Тяжело дыша, Клык направился к связке ключей, из пасти у него капала ядовитая слюна. Он подошёл к двери камеры, сунул ключ в замок и чуть не взбесился, обнаружив, что тот не открывается. Тинк и Джаннер быстро затолкали Лили в дальний угол и заслонили её собой. Но что они могли сделать, если бы разъярённый Клык ворвался в камеру? Только стиснуть зубы и отбиваться чем попало.

Но Сларб не успел войти. Дверь из коридора открылась, и ввалился коренастый Клык по имени Брак:

– Привет, хиляк.

Сларб выпрямился и развернулся, пряча ключи за спиной.

– Я же просил не называть меня так, – прошипел он.

– Ну так что, их отправят? – с предвкушением спросил Брак. – Я хочу посмотреть, как они будут извиваться, когда придётся лезть в Карету, а ты, хиляк?

Сларб ответил – как можно спокойнее:

– Я тоже. – Он вытер ядовитую слюну и небрежно повесил связку ключей на место. – Если подумать, так для них будет хуж-же, – сказал он, злобно ухмыляясь и устремляя чёрные глаза на детей. – Гораздо хуже, если подумать.

Клыки вышли. Джаннер и Тинк опустились на пол рядом с Лили.

– Надо как-то выбраться отсюда, – сказал Джаннер, вновь вспомнив, что он старший. – Подо говорил, что выход всегда есть.

– Подо просто одноногий старик, который играет с внуками в «Корабли и акулы»[17], – заметил Тинк. – А это не игра.

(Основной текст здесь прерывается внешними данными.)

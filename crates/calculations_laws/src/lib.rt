//! Laws of calculations (CSS Values 4, section 10): functions that do nothing, whose clauses are theorems
//! about the definitions of `value_model`.
#![tactic(auto)]

pub mod computing;
pub mod length_texts;
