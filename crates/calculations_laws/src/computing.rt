//! Laws of what lengths compute to (CSS Values 4, section 10.11).
ghost use Rattle.calculations_laws.specs.ComputedLengths.{UsesWhatIsDeclared, is_length, is_units_from};
ghost use Rattle.value_model.specs.Calculations.{Calculation, computed_length, units_from_zero};
ghost use Rattle.std.specs.Prelude.{◌≡◌, pos, true, ℤ};
ghost use Rattle.value_model.specs.Lengths.{Length};
ghost use Rattle.value_model.specs.declared.length_unit.Bases.{Bases};

/// Each length computes to units that fit, or where it has a percentage to a calculation in pixels and
/// percentages.
pub fn gives_lengths()
    ensures { (b : Bases) (c : Calculation Length) → is_length (computed_length b c) ≡ true }
{}

/// What may not be below 0, as a font size, computes to units that fit and are not below 0.
pub fn gives_units_from_zero()
    ensures { (b : Bases) (base : ℤ) (c : Calculation Length)
        → is_units_from (pos 0) (units_from_zero b base c) ≡ true }
{}

/// Where a length has a percentage, its used value is the value of the calculation as it is declared.
pub fn truncates_nothing_beside_a_percentage()
    ensures { UsesWhatIsDeclared }
{}
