#[test]
fn moves(rt: HostRuntime) -> Result<(), Fail> {
    // Before and behind itself, to where it stands, and to another parent.
    for (id, parent, index, want) in [
        (4, 2, 0, "0(1 6) 1(2 5) 2(4 3) 3'x' 4'y' 5() 6'z' "),
        (3, 2, 1, "0(1 6) 1(2 5) 2(4 3) 3'x' 4'y' 5() 6'z' "),
        (3, 2, 0, "0(1 6) 1(2 5) 2(3 4) 3'x' 4'y' 5() 6'z' "),
        (2, 0, 2, "0(1 6 2) 1(5) 2(3 4) 3'x' 4'y' 5() 6'z' "),
        (2, 5, 0, "0(1 6) 1(5) 2(3 4) 3'x' 4'y' 5(2) 6'z' "),
        (6, 1, 1, "0(1) 1(2 6 5) 2(3 4) 3'x' 4'y' 5() 6'z' "),
    ] {
        expect(&rt, rt.alloc(), &[Step::Move(id, parent, index)], want)?;
    }
    Ok(())
}

const SET_TWICE: &[Step] = &[
    Step::SetAttr(5, "k", "v"),
    Step::SetAttr(5, "a", "b"),
    Step::SetAttr(5, "k", "w"),
];

const DROPPED_TWICE: &[Step] = &[
    Step::SetAttr(5, "k", "v"),
    Step::DropAttr(5, "k"),
    Step::DropAttr(5, "k"),
];

#[test]
fn texts_and_attributes(rt: HostRuntime) -> Result<(), Fail> {
    for (steps, want) in [
        (
            &[Step::SetText(3, "ß")][..],
            "0(1 6) 1(2 5) 2(3 4) 3'ß' 4'y' 5() 6'z' ",
        ),
        (SET_TWICE, "0(1 6) 1(2 5) 2(3 4) 3'x' 4'y' 5'w'() 6'z' "),
        (DROPPED_TWICE, "0(1 6) 1(2 5) 2(3 4) 3'x' 4'y' 5() 6'z' "),
    ] {
        expect(&rt, rt.alloc(), steps, want)?;
    }
    Ok(())
}

#[test]
fn refused_inserts_and_removes(rt: HostRuntime) -> Result<(), Fail> {
    for (step, fault) in [
        (Step::Insert(7, 9), DocFault::NoNode),
        (Step::Insert(3, 9), DocFault::NotElement),
        (Step::Insert(2, 3), DocFault::BadIndex),
        (Step::Insert(5, usize::MAX), DocFault::BadIndex),
        (Step::Remove(7), DocFault::NoNode),
        (Step::Remove(0), DocFault::IsRoot),
    ] {
        refuse(&rt, rt.alloc(), step, fault)?;
    }
    Ok(())
}

#[test]
fn refused_moves(rt: HostRuntime) -> Result<(), Fail> {
    for (step, fault) in [
        (Step::Move(7, 3, 9), DocFault::NoNode),
        (Step::Move(0, 7, 9), DocFault::NoNode),
        (Step::Move(0, 3, 9), DocFault::IsRoot),
        (Step::Move(1, 3, 9), DocFault::NotElement),
        (Step::Move(1, 5, 9), DocFault::Cycle),
        (Step::Move(1, 1, 9), DocFault::Cycle),
        (Step::Move(3, 2, 2), DocFault::BadIndex),
    ] {
        refuse(&rt, rt.alloc(), step, fault)?;
    }
    Ok(())
}

#[test]
fn refused_texts_and_attributes(rt: HostRuntime) -> Result<(), Fail> {
    for (step, fault) in [
        (Step::SetText(7, ""), DocFault::NoNode),
        (Step::SetText(5, ""), DocFault::NotText),
        (Step::SetAttr(7, "<", ""), DocFault::NoNode),
        (Step::SetAttr(3, "<", ""), DocFault::NotElement),
        (Step::SetAttr(5, "<", ""), DocFault::BadName),
        (Step::DropAttr(7, "k"), DocFault::NoNode),
        (Step::DropAttr(3, "k"), DocFault::NotElement),
    ] {
        refuse(&rt, rt.alloc(), step, fault)?;
    }
    Ok(())
}
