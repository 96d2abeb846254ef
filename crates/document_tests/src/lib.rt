//! Tests of documents: trees that are read, edits one after another, and what they leave.
#![tactic(auto)]

#[cfg(test)]
mod attributes;
#[cfg(test)]
mod edits;
#[cfg(test)]
mod trees;
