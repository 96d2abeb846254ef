use dom_arena::Attrs;
use port_core::NoMemory;

#[test]
fn keeps_names_in_the_order_of_code_points(rt: HostRuntime) -> Result<(), NoMemory> {
    let alloc = rt.alloc();
    let mut attributes = Attrs::new(alloc);
    for name in ["id", "größe", "\u{10000}", "idle", "a", "\u{ffff}", "i"] {
        attributes.set(alloc, name, "old")?;
        attributes.set(alloc, name, name)?;
    }
    attributes.drop("a");
    attributes.drop("absent");
    let names = ["größe", "i", "id", "idle", "\u{ffff}", "\u{10000}"];
    assert_eq!(rt; attributes.as_slice().len(), names.len());
    for i in 0..names.len() {
        let (name, value) = &attributes.as_slice()[i];
        assert_eq!(rt; name.as_str(), names[i]);
        assert_eq!(rt; value.as_str(), names[i]);
    }
    assert!(rt; attributes.get("a").is_none());
    Ok(())
}
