/// The keywords of every shorthand (CSS Cascade 4, section 7.3).
#[tactic(auto, unfolding(css_model::specs::inner::Nesting::levels_of, css_model::specs::inner::Pieces::pieces_after, css_model::specs::inner::Fronts::parts_after))]
pub fn wide_keywords()
    ensures margin_inherit { declarations (codes "margin") (codes "inherit")
        ≡ Some ((MarginTop, wide_keyword Inherit) ∷ (MarginRight, wide_keyword Inherit) ∷ (MarginBottom, wide_keyword Inherit) ∷ (MarginLeft, wide_keyword Inherit) ∷ []) }
    ensures container_revert { declarations (codes "container") (codes "revert")
        ≡ Some ((ContainerName, wide_keyword Revert) ∷ (ContainerType, wide_keyword Revert) ∷ []) }
    ensures background_unset { declarations (codes "background") (codes "unset")
        ≡ Some ((BackgroundColor, wide_keyword Unset) ∷ []) }
    ensures border_left_initial { declarations (codes "border-left") (codes "initial")
        ≡ Some ((BorderLeftWidth, wide_keyword Initial) ∷ (BorderLeftStyle, wide_keyword Initial) ∷ (BorderLeftColor, wide_keyword Initial) ∷ []) }
    ensures padding_block_initial { declarations (codes "padding-block") (codes "INITIAL")
        ≡ Some ((PaddingTop, wide_keyword Initial) ∷ (PaddingBottom, wide_keyword Initial) ∷ []) }
    ensures border_unset { declarations (codes "border") (codes "unset")
        ≡ Some ((BorderTopWidth, wide_keyword Unset) ∷ (BorderTopStyle, wide_keyword Unset) ∷ (BorderTopColor, wide_keyword Unset) ∷ (BorderRightWidth, wide_keyword Unset) ∷ (BorderRightStyle, wide_keyword Unset) ∷ (BorderRightColor, wide_keyword Unset) ∷ (BorderBottomWidth, wide_keyword Unset) ∷ (BorderBottomStyle, wide_keyword Unset) ∷ (BorderBottomColor, wide_keyword Unset) ∷ (BorderLeftWidth, wide_keyword Unset) ∷ (BorderLeftStyle, wide_keyword Unset) ∷ (BorderLeftColor, wide_keyword Unset) ∷ []) }
    ensures border_width_inherit { declarations (codes "border-width") (codes "inherit")
        ≡ Some ((BorderTopWidth, wide_keyword Inherit) ∷ (BorderRightWidth, wide_keyword Inherit) ∷ (BorderBottomWidth, wide_keyword Inherit) ∷ (BorderLeftWidth, wide_keyword Inherit) ∷ []) }
    ensures border_style_inherit { declarations (codes "border-style") (codes "inherit")
        ≡ Some ((BorderTopStyle, wide_keyword Inherit) ∷ (BorderRightStyle, wide_keyword Inherit) ∷ (BorderBottomStyle, wide_keyword Inherit) ∷ (BorderLeftStyle, wide_keyword Inherit) ∷ []) }
    ensures border_color_inherit { declarations (codes "border-color") (codes "inherit")
        ≡ Some ((BorderTopColor, wide_keyword Inherit) ∷ (BorderRightColor, wide_keyword Inherit) ∷ (BorderBottomColor, wide_keyword Inherit) ∷ (BorderLeftColor, wide_keyword Inherit) ∷ []) }
    ensures padding_revert { declarations (codes "padding") (codes "revert")
        ≡ Some ((PaddingTop, wide_keyword Revert) ∷ (PaddingRight, wide_keyword Revert) ∷ (PaddingBottom, wide_keyword Revert) ∷ (PaddingLeft, wide_keyword Revert) ∷ []) }
    ensures margin_inline_unset { declarations (codes "margin-inline") (codes "unset")
        ≡ Some ((MarginLeft, wide_keyword Unset) ∷ (MarginRight, wide_keyword Unset) ∷ []) }
    ensures all_revert { declarations (codes "all") (codes "revert")
        ≡ Some (map (λ p. (p, wide_keyword Revert)) properties) }
    ensures margin_not_inherit_inherit { finals (codes "margin") (codes "inherit inherit") ≡ None }
    ensures all_not_red { finals (codes "all") (codes "red") ≡ None }
    ensures all_not_0 { finals (codes "all") (codes "0") ≡ None }
    ensures all_not { finals (codes "all") (codes "") ≡ None }
{}

/// Names of no shorthand.
#[tactic(auto, unfolding(css_model::specs::inner::Nesting::levels_of, css_model::specs::inner::Pieces::pieces_after, css_model::specs::inner::Fronts::parts_after))]
pub fn names()
    ensures font { declarations (codes "font") (codes "1px") ≡ None }
    ensures outline { declarations (codes "outline") (codes "1px") ≡ None }
    ensures border_block { declarations (codes "border-block") (codes "1px") ≡ None }
    ensures border_radius { declarations (codes "border-radius") (codes "1px") ≡ None }
    ensures width { declarations (codes "width") (codes "1px") ≡ None }
    ensures a { declarations (codes "--a") (codes "1px") ≡ None }
    ensures nothing { declarations (codes "") (codes "1px") ≡ None }
{}
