// The batch view: rows of one batch, read out of the lent trace without copying it (document 01, "The trace",
// "The form each place takes"). Every row of a lent trace is read by `trace_row`.
ghost use Rattle.std.specs.Prelude.{◌≡◌, ◌+◌, ◌*◌, ◌<◌, ◌≤◌, ◌^◌, length};
ghost use Rattle.numbers.specs.Numbers.{batch_rows, width};
ghost use Rattle.trace.specs.Trace.{row};
ghost use Rattle.trace_rows.specs.RowHelpers.{LentRow};

use numbers::{BatchNumber, BatchRow, RowNumber, WIDTH};

// The lent trace, at one of its batches.
#[derive(Clone, Copy)]
pub struct Batch<'a> {
    pub trace: &'a [u64],
    pub batch: BatchNumber,
}

// Row `within` of the batch, from the trace itself: what the readers of a view call.
pub fn row_at(trace: &[u64], batch: BatchNumber, within: BatchRow) -> &[u64]
    requires { LentRow trace.now batch.0 within.0 }
    ensures { result.now ≡ row trace.now (batch_rows * batch.0 + within.0) }
{
    let row = batch.row(within);
    let start = row.start();
    let end = start + WIDTH;
    &trace[start..end]
}

// The view of one batch of the trace.
pub fn view<'a>(trace: &'a [u64], batch: BatchNumber) -> Batch<'a>
    ensures { (result.trace ≡ trace.entry) × (result.batch ≡ batch) }
{
    Batch { trace, batch }
}

// Row `within` of the batch that is viewed.
pub fn row<'a>(b: Batch<'a>, within: BatchRow) -> &'a [u64]
    requires { LentRow b.trace.now b.batch.0 within.0 }
    ensures { result.now ≡ row b.entry.trace.now (batch_rows * b.entry.batch.0 + within.0) }
{
    row_at(b.trace, b.batch, within)
}

// The same with plain parameters.
pub fn row_of(trace: &[u64], batch: BatchNumber, within: BatchRow) -> &[u64]
    requires { LentRow trace.now batch.0 within.0 }
    ensures { result.now ≡ row trace.now (batch_rows * batch.0 + within.0) }
{
    row(view(trace, batch), within)
}

// Row `number` of the whole trace, through the view of its batch.
pub fn trace_row(trace: &[u64], number: RowNumber) -> &[u64]
    requires { (number.0 < 2 ^ 37) × (width * number.0 + width ≤ length trace.now) }
    ensures { result.now ≡ row trace.now number.0 }
{
    row_of(trace, number.batch(), number.within())
}
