// The rows of a lent trace: the view of a batch, a row's cells, its forward and back (document 01, "The trace",
// "The 52 constraints").
#![tactic(auto)]

ghost use Rattle.std.specs.Prelude.{◌≡◌, ◌<◌, ◌≤◌};
ghost use Rattle.lists.specs.Lists.{cell};
ghost use Rattle.field.specs.Field.{Canonical};
ghost use Rattle.field_words.specs.Words.{CanonicalTo};
ghost use Rattle.table.specs.Table.{IsTable, initial_constant};
ghost use Rattle.trace.specs.Trace.{row as cells_of};
ghost use Rattle.numbers.specs.Numbers.{width, within};
ghost use Rattle.check_constraints.specs.Constraints.{round, plus_first, forward, back as back_of};
ghost use Rattle.check_steps.specs.StepHelpers.{columns};
ghost use Rattle.trace_rows.specs.RowHelpers.{HasRow, tested_columns};

use check_steps::BackReady;
use field_elements::Fp;
use numbers::{RowNumber, WIDTH};
use table::Ready;

pub mod view;

// The cells of the row, by value.
pub fn cells(trace: &[u64], row: RowNumber) -> [u64; WIDTH]
    requires { HasRow trace.now row.0 }
    ensures { (result ≡ cells_of trace.now row.0) × CanonicalTo width result }
{
    let mut out = [0u64; WIDTH];
    out.copy_from_slice(view::trace_row(trace, row));
    out
}

// One cell of the row.
pub fn cell(trace: &[u64], row: RowNumber, column: usize) -> u64
    requires { HasRow trace.now row.0 × (column < width) }
    ensures { (result ≡ cell (cells_of trace.now row.0) column) × Canonical result }
{
    let lent = view::trace_row(trace, row);
    lent[column]
}

// The round whose middle state the row holds: rows 1 to 10, 11 to 20, 21 to 30 are rounds 0 to 9.
fn round_of(row: RowNumber) -> usize
    requires { 1 ≤ within row.0 }
    ensures { (result ≡ round row.0) × (result < 10) }
{
    (row.within().0 - 1) % 10
}

// The state plus K_0 in columns 0 to 3 only, as at rows 10 and 20.
fn plus_entering(table: &[u64], s: [u64; WIDTH]) -> [u64; WIDTH]
    requires { IsTable table.now × CanonicalTo width s }
    ensures { result ≡ plus_first 4 s (initial_constant table.now) }
{
    let constant = table::initial_constant(table);
    let mut out = s;
    for (j, k) in constant[..4].iter().enumerate() {
        out[j] = Fp::of(s[j]).add(Fp::of(*k)).word;
    }
    out
}

// The columns of forward of the row that are tested: its cells cubed, times M, plus its round's second-step constant;
// at rows 10 and 20 K_0 is added too.
pub fn forward(ready: Ready, trace: &[u64], row: RowNumber) -> [u64; WIDTH]
    requires { HasRow trace.now row.0 × (1 ≤ within row.0) }
    ensures { result ≡ columns (tested_columns row.0) (forward ready.entry.table.now trace.now row.0) }
{
    let s = cells(trace, row);
    if check_applies::is_entering(row) {
        let next = check_steps::forward_step(ready, round_of(row), s, 4);
        return plus_entering(ready.table, next);
    }
    check_steps::forward_step(ready, round_of(row), s, WIDTH)
}

// Back of the row: its cells less its round's first-step constant, times the inverse of M, then cubed.
pub fn back(back: BackReady, trace: &[u64], row: RowNumber) -> [u64; WIDTH]
    requires { HasRow trace.now row.0 × (1 ≤ within row.0) }
    ensures { result ≡ back_of back.entry.table.now trace.now row.0 }
{
    check_steps::back_step(back, round_of(row), cells(trace, row))
}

– Я знаю! И лучше не спорь с тем, кто крупнее тебя, – и Джаннер шутливо ткнул брата в плечо.

Честно говоря, он понятия не имел, как спастись – и боялся, что выхода нет. Но он был старшим и хотел подбодрить остальных. Судя по тому, что слышал Джаннер, в Чёрную Карету сажали людей гораздо крупнее и храбрее, чем они, – значат, посадят и их. И никто этих людей больше не видел – значит, не увидят и их.

Джаннер подумал, что гораздо лучше сидеть в тюремной камере и иметь хоть капельку надежды, чем не иметь никакой.

Лили заснула, положив голову на колени Тинку. Вскоре задремал и Тинк. А Джаннер несколько часов расхаживал по камере, гадая, чем заняты Подо и Ния. Они, наверное, уже выяснили, что детей посадили в тюрьму. Схватившись за прутья решётки, мальчик подтянулся к высокому оконцу, но оно выходило на задний двор тюрьмы. Дверь камеры была надёжно заперта, ключи – вне досягаемости. Ничего не оставалось, кроме как ждать. Тинк не ошибся: игры кончились, и, возможно, никакого выхода не было.

Джаннер жалел, что не может заснуть, как младшие. Ему мешал страх. Он тщетно пытался думать хоть о чём-нибудь, кроме зловещей Чёрной Кареты, которая катила по тёмным холмам и залитым лунным светом долинам в Глибвуд. Мальчик подумал, как вкусно готовит его мама, какой тёплый у них очаг, как уютно устроился их дом в тени деревьев. Джаннер грустил о Подо, своём милом ворчливом дедушке, которого Великая война сделала вдовцом. Он грустил о матери, которая потеряла мужа.

Подо и Нию вновь ждёт горе – потому что Джаннер плохо присматривал за Лили.

Джаннер вздохнул и прислонился к стене. Он подумал об отце, и ему как никогда захотелось оказаться на корабле, в открытом море. Мальчик собирался вынуть из кармана рисунок, но вспомнил, что в темноте ничего не разглядит. Конечно, отец сумел бы вырваться из этой жуткой камеры и избежать ужасного путешествия в Чёрной Карете. Если бы он был жив, он бы пришёл к ним на помощь. Но у юного Джаннера Игиби, сидящего вместе с братом и сестрой в мрачной пустой камере, не было отца – и почти не осталось надежды.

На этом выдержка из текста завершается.